Reklama

Jagiellonia zaczyna wyglądać sensownie w tyłach. Na razie na papierze

Paweł Paczul

Autor:Paweł Paczul

03 lipca 2021, 19:13 • 3 min czytania 29 komentarzy

Wygląda na to, że letnie okienko transferowe w Polsce powrotami stoi. Powitaliśmy ponownie choćby Quintanę, Hlouska, Murawskiego, Douglasa i Sobiecha, co w sumie nawet daje nadzieję, bo to byli i – mamy nadzieję – dalej są porządni piłkarze. Zawsze większa wiara, że odpalą oni, niż nieznany stary obcokrajowiec z trzeciej ligi Pierdziszewa. W każdym razie – kolejny powrót notuje też Jagiellonia, która ściągnęła Michała Pazdana. Obrońca podpisał kontrakt na dwa lata.

Jagiellonia zaczyna wyglądać sensownie w tyłach. Na razie na papierze

Pazdan wraca jako 34-letni zawodnik, który za granicą nie przepadł. Dla Ankaragucu rozegrał przez dwa i pół sezonu 60 spotkań. Zaczął wręcz świetnie, bo od asysty, a jego zespół – gdy wskoczył do składu – przestał przegrywać. Potem Pazdan ugruntował swoją pozycję i w pierwszym pełnym sezonie opuścił jedynie trzy spotkania. Natomiast trzeba oddać – grał w przeciętnej ekipie, co wyszło w kolejnym roku.
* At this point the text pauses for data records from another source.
//! Why a line of input brings no round, and which lines are too long.

ghost use Rattle.std.specs.Prelude.{◌≡◌};
ghost use Rattle.tfpg_base.specs.Lines.{is_too_long};

use crate::refusal::Refusal;
use tfpg_base::LONGEST_LINE;

/// Why a line of input brings no round, but a block of its own.
#[derive(Clone, Copy, PartialEq, Eq)]
pub enum RefusedLine {
    /// It has more than [`LONGEST_LINE`] bytes.
    TooLong,
    /// The log refused it.
    Offer(Refusal),
}

/// Whether a line has more than [`LONGEST_LINE`] bytes, without its line end.
pub fn is_too_long(line: &[u8]) -> bool
    ensures { result ≡ is_too_long line.now }
{
    line.len() > LONGEST_LINE
}
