//! A change of mode, as a log keeps it beside its events.

/// When the mode changed, in milliseconds, and to which.
#[derive(Clone, Copy)]
pub(crate) struct ModeChange {
    pub(crate) time: u64,
    pub(crate) mode: u32,
}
Polak zaczął jeszcze jako podstawowy zawodnik, natomiast złapał kontuzję i nawet jak wrócił do zdrowia, to do pierwszego składu już nie, bo jak już trener mu zaufał, to Pazdan potrafił wylecieć z boiska po 26. minutach.

Drogi piłkarza i Ankaragucu zaczęły się rozjeżdżać, natomiast piłkarz niespecjalnie ma za czym tęsknić, skoro Turcy spadli z ligi. Jeszcze rok wcześniej, gdy Ankaragucu też broniło się przed spadkiem, Pazdan mówił w Misji Futbol: – Ja mam tak skonstruowaną umowę, że mogę ją rozwiązać po spadku. Nie chciałbym grać w drugiej lidze tureckiej, umówmy się. Chciałbym jednak zostać w Turcji, bo odpowiada mi ta liga, przyzwyczaiłem się do niej, mam wyrobione nazwisko. Nie powinno być problemu.

Stało się trochę inaczej. Pazdan spędził jeszcze ten rok na starych śmieciach, bo Ankaragucu dzięki pandemii zostało w lidze, a teraz wraca do Białegostoku.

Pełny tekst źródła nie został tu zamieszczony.